Scott has been running addiction and HIV treatment programs since 1975. Now, the 58-year-old notices that younger people with HIV don’t think about the disease in the same way because they’ve never seen it run rampant.
“They didn’t live for 20 years watching everybody die of these disfiguring deaths,” he said. “They’re living in a time of much greater longevity and stability for people living with HIV/AIDS.”
Though drug regimens are easier to manage and more readily available, they can come with their own dangers. While trying out different drugs—Scott only began a regimen 13 years ago—he experienced constant nausea, psychosis, loss of sleep, and fevers up to 103 degrees. Now that Scott has found a regimen that works, he lives a completely normal life—he’s married with a 12-year-old adopted child. He goes to the gym for an hour every day.
“I hope this opens up the dialogue that we still need all of the prevention messages we had 25 years ago. It’s still really, really important,” Scott said. “Breaking down the stigma, I think, and the shame, the quicker we can get people into treatment and the quicker we can get people involved in communities of support, both for mental and physical health.”
“We’re not going anywhere. We’re living longer.”
Victory Programs, where Scott has been working since 1976 when he started as a volunteer, is a service agency that aids men and women who have been living with HIV and addiction, experience homelessness, or have a mental health diagnosis—and in some cases, for people with all three.

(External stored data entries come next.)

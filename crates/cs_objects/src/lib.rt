//! A program and its objects, as prepared before it runs.
#![tactic(auto, using(cs_values::proofs::Casts::casts))]

pub mod access;
pub mod blocks;
pub mod counted_points;
pub mod initializers;
pub mod inputs;
pub mod offsets;
pub mod pieces;
pub mod prepared;
pub mod scalars;
pub mod settings;

pub use settings::Setting;
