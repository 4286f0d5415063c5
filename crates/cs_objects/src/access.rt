//! Accesses: what a load or a store needs to know of the expression that designates an object.
ghost use Rattle.std.specs.Prelude.{◌≡◌};
ghost use Rattle.cs_types.specs.Shape.{shape_of};
ghost use Rattle.cs_ast.specs.TypedView.{typed};
ghost use Rattle.cs_meaning.specs.Types as types;
ghost use Rattle.cs_meaning.specs.Access as loads;
ghost use Rattle.cs_objects.specs.AccessView.{access_of};

use cs_ast::Place;
use cs_ast::typed::expression::{Expr, ExprKind};
use cs_types::CType;

/// What a load or a store needs to know of the expression that designates an object.
#[derive(Clone, Copy)]
pub struct Access<'a> {
    pub place: Place,
    pub ty: &'a CType,
    /// Whether the expression is a variable, or a member of one: such an object is accessed without a check.
    pub direct: bool,
    /// The declaration of the scalar local that it designates, if it is one.
    pub local: Option<u32>,
}

/// Returns the access to the object that an expression designates.
pub fn access_of(e: &Expr) -> Access<'_>
    ensures { access_of result ≡ loads.access_of (typed e.now) }
{
    Access {
        place: e.place,
        ty: &e.ty,
        direct: is_direct(e),
        local: scalar_local(e),
    }
}

// Whether an expression is a variable, or a member of one.
fn is_direct(e: &Expr) -> bool
    ensures { result ≡ loads.is_direct (typed e.now) }
{
    match &*e.kind {
        ExprKind::Local(_) => true,
        ExprKind::Global(_) => true,
        ExprKind::Member(object, _) => is_direct(object),
        ExprKind::Number(_) | ExprKind::Null | ExprKind::Text(_) => false,
        ExprKind::Through(_) | ExprKind::Index(_, _, _) | ExprKind::Arrow(_, _) => false,
        ExprKind::Load(_) | ExprKind::Address(_) | ExprKind::Decay(_) => false,
        ExprKind::Convert(_) | ExprKind::Unary(_, _) | ExprKind::Not(_) => false,
        ExprKind::Binary(_, _, _) | ExprKind::Compare(_, _, _) => false,
        ExprKind::Sum(_, _, _, _) | ExprKind::Difference(_, _) => false,
        ExprKind::And(_, _) | ExprKind::Or(_, _) | ExprKind::Choice(_, _, _) => false,
        ExprKind::Comma(_, _) | ExprKind::Assign(_, _) => false,
        ExprKind::Update(_, _, _, _, _) | ExprKind::Move(_, _, _, _) => false,
        ExprKind::Call(_, _) | ExprKind::Allocate(_, _, _) | ExprKind::Free(_) => false,
    }
}

/// Whether a type is a scalar (C11 6.2.5, paragraph 21).
pub fn is_scalar(ty: &CType) -> bool
    ensures { result ≡ types.is_scalar (shape_of ty.now) }
{
    match ty {
        CType::Int(_) | CType::Pointer(_) => true,
        CType::Void | CType::Array(_, _) | CType::Struct(_) => false,
    }
}

// Returns the declaration that an expression designates, if it is a scalar local of the function.
fn scalar_local(e: &Expr) -> Option<u32>
    ensures { result ≡ loads.scalar_local (typed e.now) }
{
    match &*e.kind {
        ExprKind::Local(declaration) => {
            if is_scalar(&e.ty) {
                Some(*declaration)
            } else {
                None
            }
        }
        ExprKind::Number(_) | ExprKind::Null | ExprKind::Text(_) | ExprKind::Global(_) => None,
        ExprKind::Through(_) | ExprKind::Index(_, _, _) | ExprKind::Member(_, _) => None,
        ExprKind::Arrow(_, _) | ExprKind::Load(_) | ExprKind::Address(_) => None,
        ExprKind::Decay(_) | ExprKind::Convert(_) | ExprKind::Unary(_, _) => None,
        ExprKind::Not(_) | ExprKind::Binary(_, _, _) | ExprKind::Compare(_, _, _) => None,
        ExprKind::Sum(_, _, _, _) | ExprKind::Difference(_, _) | ExprKind::And(_, _) => None,
        ExprKind::Or(_, _) | ExprKind::Choice(_, _, _) | ExprKind::Comma(_, _) => None,
        ExprKind::Assign(_, _) | ExprKind::Update(_, _, _, _, _) => None,
        ExprKind::Move(_, _, _, _) | ExprKind::Call(_, _) => None,
        ExprKind::Allocate(_, _, _) | ExprKind::Free(_) => None,
    }
}
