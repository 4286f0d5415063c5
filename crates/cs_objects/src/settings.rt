//! The setting of a run.

use crate::prepared::Prepared;
use cs_ast::typed::program::Program;
use cs_events::{Guess, RunBudgets};
use cs_inputs::Inputs;

/// A program with the inputs, guesses and budgets of a run. It is constant during the run.
#[derive(Drop)]
pub struct Setting<'a> {
    pub program: &'a Program,
    /// Data that all runs of the program share.
    pub prepared: &'a Prepared<'a>,
    pub inputs: &'a Inputs,
    /// Numbers that replace the results at some events. The first one listed for an event is used.
    pub guesses: &'a [Guess],
    pub budgets: RunBudgets,
}
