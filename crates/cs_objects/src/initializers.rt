//! Constant initializers, in which the piece of a scalar is found by binary search (C11 6.7.9).
ghost use Rattle.std.specs.Prelude.{true, IsTrue, if◌then◌else◌};
ghost use Rattle.cs_objects.specs.PieceOrder.{ascends_from};

use crate::blocks::{BlockType, Piece};
use crate::pieces::{ascend, initial_cell, nearest};
use cs_ast::typed::program::Program;
use cs_values::Cell;
use std::alloc::AllocError;

/// A constant initializer.
#[derive(Drop)]
pub struct Initializer<'a> {
    pub pieces: Vec<Piece<'a>>,
    // Whether each piece ends before the next one begins. This holds for every initializer of a well-formed program.
    pub ascends: bool,
    ghost order: { IsTrue (if ascends then ascends_from 0 pieces.items else true) },
}

impl<'a> Initializer<'a> {
    ghost use Rattle.std.specs.Prelude.{◌≡◌, IfOk, map};
    ghost use Rattle.cs_ast.specs.TypedProgram.{HasLayouts, typed_program};
    ghost use Rattle.cs_meaning.specs.Initials as initials;
    ghost use Rattle.cs_values.specs.View.{cell_of};
    ghost use Rattle.cs_objects.specs.BlockView.{type_of, piece_of};

    /// Returns the initializer with these pieces.
    pub fn new(pieces: Vec<Piece<'a>>) -> Initializer<'a>
        ensures { result.pieces ≡ pieces.entry }
    {
        let ascends = ascend(&pieces);
        Initializer { pieces, ascends }
    }

    /// Returns a copy of the initializer.
    pub fn copy(&self) -> Result<Initializer<'a>, AllocError>
        ensures { IfOk result (λ made. made.pieces.items ≡ self.now.pieces.items) }
    {
        let pieces = self.pieces.clone()?;
        Ok(Initializer {
            pieces,
            ascends: self.ascends,
        })
    }

    /// Returns the cell of the scalar at an offset; where there is no piece, it is zero.
    pub fn cell(
        &self,
        program: &Program,
        scalar: BlockType,
        offset: u64,
    ) -> Result<Cell, AllocError>
        requires { HasLayouts program.now }
        ensures { IfOk result (λ cell.
            cell_of cell ≡ initials.initial_cell (typed_program program.now)
            (type_of scalar.entry)
            (map piece_of self.now.pieces.items) offset) }
    {
        if self.ascends {
            initial_cell(program, scalar, nearest(&self.pieces, offset), offset)
        } else {
            initial_cell(program, scalar, &self.pieces, offset)
        }
    }
}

JoAnn Coull, 56, has struggled with both an HIV-positive diagnosis and drug addiction—though she’s now been sober for more than six years. She’s a client at the Boston Living Center, a subsect of Victory Programs and a resource for HIV positive people, and was diagnosed in 1987 while she was an inmate at MCI Framingham. The diagnosis was so stigmatized then, she said, that she would not release the information to any authorities at the correctional facility.

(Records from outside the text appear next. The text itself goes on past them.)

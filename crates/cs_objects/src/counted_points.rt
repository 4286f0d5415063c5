//! Counted points: the loop heads and the labels of a body, numbered in file order.
ghost use Rattle.std.specs.Prelude.{◌≡◌, ◌+◌, IfOk};
ghost use Rattle.cs_ast.specs.TypedView.{statement, statement_list};
ghost use Rattle.cs_meaning.specs.CountedPoints as meaning;

use cs_ast::typed::statement::{Stmt, StmtKind};
use std::alloc::AllocError;

/// Returns the number of loop heads and labels in a statement.
#[cycle(counted_points)]
pub fn counted_points(s: &Stmt) -> Result<u64, AllocError>
    ensures { IfOk result (λ count. count ≡ meaning.counted_points (statement s.now)) }
{
    match &*s.kind {
        StmtKind::Block(statements) => counted_points_in(statements),
        StmtKind::Declare(_, _) => Ok(0),
        StmtKind::Run(_) => Ok(0),
        StmtKind::If(_, body) => counted_points(body),
        StmtKind::IfElse(_, body, other) => {
            let first = counted_points(body)?;
            let second = counted_points(other)?;
            together(first, second)
        }
        StmtKind::While(_, body) => {
            let inner = counted_points(body)?;
            together(1, inner)
        }
        StmtKind::Do(body, _) => {
            let inner = counted_points(body)?;
            together(1, inner)
        }
        StmtKind::For(first, _, _, body) => {
            let before = counted_points_in(first)?;
            let inner = counted_points(body)?;
            let head = together(1, before)?;
            together(head, inner)
        }
        StmtKind::Switch(_, _, statements) => counted_points_in(statements),
        StmtKind::Goto(_) => Ok(0),
        StmtKind::Label(_, body) => {
            let inner = counted_points(body)?;
            together(1, inner)
        }
        StmtKind::Break => Ok(0),
        StmtKind::Continue => Ok(0),
        StmtKind::Return(_) => Ok(0),
    }
}

/// Returns their number in consecutive statements.
#[cycle(counted_points)]
pub fn counted_points_in(statements: &[Stmt]) -> Result<u64, AllocError>
    ensures { IfOk result (λ count.
        count ≡ meaning.counted_points_in (statement_list statements.now)) }
{
    let mut count = 0;
    for s in statements {
        let inner = counted_points(s)?;
        count = together(count, inner)?;
    }
    Ok(count)
}

/// Returns the sum of two numbers of counted points.
pub fn together(some: u64, more: u64) -> Result<u64, AllocError>
    ensures { IfOk result (λ all. all ≡ some + more) }
{
    some.checked_add(more).ok_or(AllocError)
}
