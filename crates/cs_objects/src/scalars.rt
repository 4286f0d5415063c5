//! Scalars and structs at an offset of an object's type.
ghost use Rattle.std.specs.Prelude.{◌≡◌, ◌==◌, ◌&&◌, ℕ, Bool, nat_lt, IfOk, option_map, if◌then◌else◌};
ghost use Rattle.cs_types.specs.Shape.{shape_of, integer, struct, same_shape};
ghost use Rattle.cs_types.specs.Layout.{complete_count, members_of};
ghost use Rattle.cs_ast.specs.TypedProgram.{HasLayouts, typed_program};
ghost use Rattle.cs_meaning.specs.Types as types;
ghost use Rattle.cs_objects.specs.BlockView.{type_of};
ghost use Rattle.cs_objects.specs.TypeView.{in_found, in_member};

use crate::blocks::BlockType;
use cs_ast::typed::program::Program;
use cs_types::{CType, IntType, Member, bytes, leaf_at};
use cs_values::types::{is_small, size_of};
use std::alloc::AllocError;

impl<'a> BlockType<'a> {
    /// Returns the size of the type in bytes; 0 for an incomplete one (C11 6.5.3.4).
    pub fn size(self, program: &Program) -> Result<u64, AllocError>
        requires { HasLayouts program.now }
        ensures { IfOk result (λ bytes.
            bytes ≡ types.size_of (typed_program program.now) (type_of self.entry)) }
    {
        match self {
            BlockType::Of(ty) => size_of(program, ty),
            BlockType::Integer(ty) => Ok(bytes(program.model, ty)),
            BlockType::Text(count) => Ok(count),
            BlockType::Void => Ok(0),
        }
    }

    /// Returns the scalar that begins at an offset of the type, if there is one.
    pub fn scalar(
        self,
        program: &'a Program,
        offset: u64,
    ) -> Result<Option<BlockType<'a>>, AllocError>
        requires { HasLayouts program.now }
        ensures { IfOk result (λ found.
            option_map type_of found ≡ types.scalar_of (typed_program program.now)
            (type_of self.entry) offset) }
    {
        match self {
            BlockType::Of(ty) => {
                if !is_small(program.model, &program.table, ty) {
                    return Err(AllocError);
                }
                Ok(leaf_at(program.model, &program.table, ty, offset).map(BlockType::Of))
            }
            BlockType::Integer(ty) => {
                if offset == 0 {
                    Ok(Some(BlockType::Integer(ty)))
                } else {
                    Ok(None)
                }
            }
            BlockType::Text(count) => Ok(character(count, offset)),
            BlockType::Void => Ok(None),
        }
    }

    /// Whether it is this type.
    pub fn is_type(self, ty: &CType) -> bool
        ensures { result ≡ same_shape (shape_of ty.now) (type_of self.entry) }
    {
        match self {
            BlockType::Of(other) => *ty == *other,
            BlockType::Integer(other) => match ty {
                CType::Int(ty) => *ty as u8 == other as u8,
                CType::Void | CType::Pointer(_) | CType::Array(_, _) | CType::Struct(_) => false,
            },
            BlockType::Text(count) => match ty {
                CType::Array(element, number) => *number == count && is_char(element),
                CType::Void | CType::Pointer(_) | CType::Int(_) | CType::Struct(_) => false,
            },
            BlockType::Void => matches!(ty, CType::Void),
        }
    }

    /// Whether an object of a type begins at an offset of this one: a scalar of exactly that type, or that struct.
    pub fn begins(self, program: &'a Program, ty: &CType, offset: u64) -> Result<bool, AllocError>
        requires { HasLayouts program.now }
        ensures { IfOk result (λ holds.
            holds ≡ types.begins (typed_program program.now) (shape_of ty.now)
            (type_of self.entry) offset) }
    {
        match ty {
            CType::Struct(wanted) => self.begins_struct(program, *wanted, offset),
            CType::Void | CType::Int(_) | CType::Pointer(_) | CType::Array(_, _) => {
                let found = self.scalar(program, offset)?;
                Ok(is_of(ty, found))
            }
        }
    }

    // Whether a struct begins at an offset of this type.
    fn begins_struct(self, program: &Program, wanted: u32, offset: u64) -> Result<bool, AllocError>
        requires { HasLayouts program.now }
        ensures { IfOk result (λ holds.
            holds ≡ types.begins (typed_program program.now) (struct wanted) (type_of self.entry)
            offset) }
    {
        match self {
            BlockType::Of(ty) => {
                let depth = complete_structs(program);
                match struct_at(program, ty, offset)? {
                    Some((number, rest)) => begins_in_struct(program, wanted, depth, number, rest),
                    None => Ok(false),
                }
            }
            BlockType::Integer(_) | BlockType::Text(_) | BlockType::Void => Ok(false),
        }
    }
}

// Returns the character that begins at an offset of an array of `count` characters, if there is one.
fn character<'a>(count: u64, offset: u64) -> Option<BlockType<'a>>
    ensures { option_map type_of result
        ≡ (if nat_lt offset count then Some (integer IntType.Char) else None) }
{
    if offset < count {
        Some(BlockType::Integer(IntType::Char))
    } else {
        None
    }
}

// Whether a type is `char`.
fn is_char(ty: &CType) -> bool
    ensures { result ≡ same_shape (shape_of ty.now) (shape_of (CType.Int IntType.Char)) }
{
    match ty {
        CType::Int(ty) => *ty as u8 == IntType::Char as u8,
        CType::Void | CType::Pointer(_) | CType::Array(_, _) | CType::Struct(_) => false,
    }
}

// Whether there is a scalar, and it has a type.
fn is_of(ty: &CType, found: Option<BlockType>) -> bool
    ensures { result ≡ types.is_of (shape_of ty.now) (option_map type_of found.entry) }
{
    match found {
        Some(found) => found.is_type(ty),
        None => false,
    }
}

// Returns the number of complete structs, which bounds how deep they can be nested.
fn complete_structs(program: &Program) -> usize
    ensures { result ≡ complete_count program.now.table.list }
{
    let structs = program.table.list.as_slice();
    structs.iter().filter(|s| s.members.is_some()).count()
}

// Returns the members of a struct; `None` if it is incomplete.
pub fn members_of(program: &Program, number: u32) -> Option<&[Member]>
    ensures { option_map (λ members. members.now) result
        ≡ members_of program.now.table.list number }
{
    let structs = program.table.list.as_slice();
    let members = structs.get(number as usize)?.members.as_ref()?;
    Some(members.as_slice())
}

// Returns the struct that contains an offset of a type, after indexing the arrays around it, and the offset in the struct.
fn struct_at(program: &Program, ty: &CType, offset: u64) -> Result<Option<(u32, u64)>, AllocError>
    requires { HasLayouts program.now }
    ensures { IfOk result (λ found.
        (in_struct : ℕ → ℕ → Bool)
        → types.begins_in (typed_program program.now) in_struct (shape_of ty.now) offset
        ≡ in_found in_struct found) }
{
    match ty {
        CType::Void => Ok(None),
        CType::Int(_) => Ok(None),
        CType::Pointer(_) => Ok(None),
        CType::Array(element, count) => {
            let size = size_of(program, element)?;
            let bytes = count.checked_mul(size).ok_or(AllocError)?;
            if size == 0 || bytes <= offset {
                return Ok(None);
            }
            struct_at(program, element, offset % size)
        }
        CType::Struct(number) => Ok(Some((*number, offset))),
    }
}

// Whether a struct begins at an offset of another: at its beginning if they are the same, or in the type of a member.
#[cycle(begins)]
fn begins_in_struct(
    program: &Program,
    wanted: u32,
    depth: usize,
    number: u32,
    offset: u64,
) -> Result<bool, AllocError>
    requires { HasLayouts program.now }
    ensures { IfOk result (λ holds.
        holds ≡ types.begins_in_struct (typed_program program.now) wanted depth number offset) }
{
    if depth == 0 {
        return Ok(false);
    }
    if is_at(number, wanted, offset) {
        return Ok(true);
    }
    match members_of(program, number) {
        Some(members) => begins_in_members(program, wanted, depth - 1, members, offset),
        None => Ok(false),
    }
}

// Whether this is the wanted struct, at its beginning.
fn is_at(number: u32, wanted: u32, offset: u64) -> bool
    ensures { result ≡ ((number == wanted) && (offset == 0)) }
{
    number == wanted && offset == 0
}

// Whether a struct begins in one of these members of a struct, at an offset of that struct.
#[cycle(begins)]
fn begins_in_members(
    program: &Program,
    wanted: u32,
    depth: usize,
    members: &[Member],
    offset: u64,
) -> Result<bool, AllocError>
    requires { HasLayouts program.now }
    ensures { IfOk result (λ holds.
        holds ≡ types.some_member (in_member (typed_program program.now) wanted depth offset)
        members.now) }
{
    for member in members {
        if member.offset() <= offset {
            let found = struct_at(program, member.ty(), offset - member.offset())?;
            if let Some((number, rest)) = found
                && begins_in_struct(program, wanted, depth, number, rest)?
            {
                return Ok(true);
            }
        }
    }
    Ok(false)
}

Coull would never wish the disease on anyone, but she says there’s nowhere better than Boston to help cope and manage HIV because of the resources and support centers available here. That doesn’t mean stigma, and the unique form of depression that can take hold upon learning your HIV status, aren’t still issues.

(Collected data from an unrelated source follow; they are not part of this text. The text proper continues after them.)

//! The module that the command `sample` makes.
ghost use Rattle.std.specs.Prelude.{◌≡◌, ◌++◌, ◌≤◌, OnOk, IfOk, string_bytes};
ghost use Rattle.text_commands.specs.Sample.{function_text, sample_module};

use crate::numbered::push_numbered;
use py_base::NoMemory;
use std::alloc::Global;

/// The module of so many functions, 1 to 500. `NoMemory` where it could not be stored.
pub fn sample_module(alloc: Global, functions: u32) -> Result<String, NoMemory>
    requires some { 1 ≤ functions }
    requires few { functions ≤ 500 }
    ensures { IfOk result (λ text. string_bytes text ≡ sample_module functions) }
{
    let mut text = String::new(alloc);
    for number in 0..functions {
        push_function(alloc, &mut text, number, (7 * number + 1) % functions)?;
    }
    text.push_str("reveal_type(f0(1))\n")?;
    Ok(text)
}

// Adds the function of this number, which calls the one of that number.
fn push_function(alloc: Global, text: &mut String, number: u32, called: u32) -> Result<(), NoMemory>
    ensures { OnOk result (string_bytes text.new ≡ string_bytes text.old ++ function_text number called) }
{
    let number = u64::from(number);
    push_numbered(alloc, text, "def f", number, "(a: int | None):\n")?;
    text.push_str("    x = None\n")?;
    text.push_str("    while a is not None:\n")?;
    push_numbered(
        alloc,
        text,
        "        x = a if x is None else f",
        u64::from(called),
        "(x)\n",
    )?;
    push_numbered(
        alloc,
        text,
        "        a = None if x == ",
        number,
        " else a\n",
    )?;
    text.push_str("    return x\n")?;
    Ok(())
}
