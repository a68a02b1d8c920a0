//! What a command with no session came to.
ghost use Rattle.std.specs.Prelude.{◌≡◌, []};
ghost use Rattle.serial_server.specs.Served.{code_of};

use py_base::List;
use serial_server::{Served, Status};
use std::alloc::Global;

/// What a command with no session came to.
pub fn served(alloc: Global, status: Status, bytes_taken: u64) -> Served
    ensures status { result.status ≡ code_of status }
    ensures bytes_taken { result.bytes_taken ≡ bytes_taken }
    ensures journal { result.journal ≡ [] }
{
    Served {
        status: status.code(),
        bytes_taken,
        journal: List::new(alloc),
    }
}
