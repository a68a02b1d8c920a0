//! A list as the command `check` writes it.
ghost use Rattle.std.specs.Prelude.{◌≡◌, ◌++◌, OnOk, IfOk, string_bytes, codes};
ghost use Rattle.std.specs.Fmt.{decimal};
ghost use Rattle.text_commands.specs.CheckText.{diag_line, check_text};

use py_base::{Diag, NoMemory};
use std::alloc::Global;

/// The lines of a list. `NoMemory` where they could not be stored.
pub fn check_text(alloc: Global, list: &[Diag]) -> Result<String, NoMemory>
    ensures { IfOk result (λ text. string_bytes text ≡ check_text list.now) }
{
    let mut text = String::new(alloc);
    for diag in list {
        push_diag(alloc, &mut text, diag)?;
    }
    Ok(text)
}

// Adds the line of a diagnostic.
fn push_diag(alloc: Global, text: &mut String, diag: &Diag) -> Result<(), NoMemory>
    ensures { OnOk result (string_bytes text.new ≡ string_bytes text.old ++ diag_line diag.now) }
{
    let [line, column, _, _] = diag.at;
    let place = place_text(alloc, u64::from(line) + 1, u64::from(column) + 1)?;
    text.push_str(place.as_str())?;
    text.push_str(diag.rule.name())?;
    text.push_str(": ")?;
    text.push_str(diag.text.as_str())?;
    text.push('\n')?;
    Ok(())
}

// A line and a column, each with a colon behind it, and a blank.
fn place_text(alloc: Global, line: u64, column: u64) -> Result<String, NoMemory>
    ensures { IfOk result (λ text. string_bytes text ≡ decimal line ++ codes ":" ++ decimal column ++ codes ": ") }
{
    let text = format!(in alloc; "{line}:{column}: ")?;
    Ok(text)
}
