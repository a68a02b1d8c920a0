//! The summary of a module.
ghost use Rattle.std.specs.Prelude.{◌≡◌, ◌++◌, OnOk, IfOk, string_bytes};
ghost use Rattle.std.specs.List.{count_by};
ghost use Rattle.edge_io.specs.Line.{is_lf};
ghost use Rattle.text_commands.specs.Sample.{summary, last_of, text_line};

use crate::numbered::push_numbered;
use py_base::{Diag, NoMemory};
use std::alloc::Global;

/// The summary of the text of so many functions, which has this list. `NoMemory` where it could not be
/// stored.
pub fn summary(alloc: Global, functions: u32, text: &str, list: &[Diag]) -> Result<String, NoMemory>
    ensures { IfOk result (λ shown. string_bytes shown ≡ summary functions text.now list.now) }
{
    let mut shown = String::new(alloc);
    push_numbered(alloc, &mut shown, "functions ", u64::from(functions), "\n")?;
    push_numbered(alloc, &mut shown, "bytes ", text.len() as u64, "\n")?;
    push_numbered(
        alloc,
        &mut shown,
        "lines ",
        line_count(text.as_bytes()) as u64,
        "\n",
    )?;
    push_numbered(alloc, &mut shown, "diagnostics ", list.len() as u64, "\n")?;
    push_last(&mut shown, list)?;
    Ok(shown)
}

// How many LFs the bytes have.
fn line_count(bytes: &[u8]) -> usize
    ensures { result ≡ count_by is_lf bytes.now }
{
    bytes.iter().filter(|byte| **byte == b'\n').count()
}

// Adds the text of the last diagnostic, if there is one.
fn push_last(shown: &mut String, list: &[Diag]) -> Result<(), NoMemory>
    ensures { OnOk result (string_bytes shown.new ≡ string_bytes shown.old ++ text_line (last_of list.now)) }
{
    if let Some(diag) = list.last() {
        shown.push_str(diag.text.as_str())?;
        shown.push('\n')?;
    }
    Ok(())
}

“As crazy as it sounds, in this day and age in Boston, with all the resources available, it’s still difficult for women [with HIV],” Coull said. “What I had to do was just embrace the knowledge of having it; embrace it, accept it, learn from it, and move forward. This is just a little piece of who I am today.”
For Coull, the empowerment comes from being able to control your own story. Coull said that whenever she faces someone who reacts to her negatively, she knows that they’re just uneducated about HIV in general. The interaction can become a teaching opportunity.
“You never think that it could happen to you. [People] just don’t even think to get tested,” Coull said. “Know your status, and just try to be a little bit more open and understanding, because we’re not going anywhere. We’re living longer.”
Johnny, who chose not to give his last name, agreed that the stigma comes from “ignorant people.” He was also diagnosed while in prison, as was his brother, who died from the disease years ago. Currently, Johnny’s drug regimen has gone down from about 15 pills a day to one, and he said his viral load is undetectable.
When Johnny first found out he was HIV positive in 1996, he tried to take his own life. At 46 years old and after living with the disease for over 20 years, he said he’s glad he didn’t. His friends and family all know his status, and he likes to take the opportunity to speak out about it.
“[People] don’t understand,” Johnny said, “but this disease catches anybody.”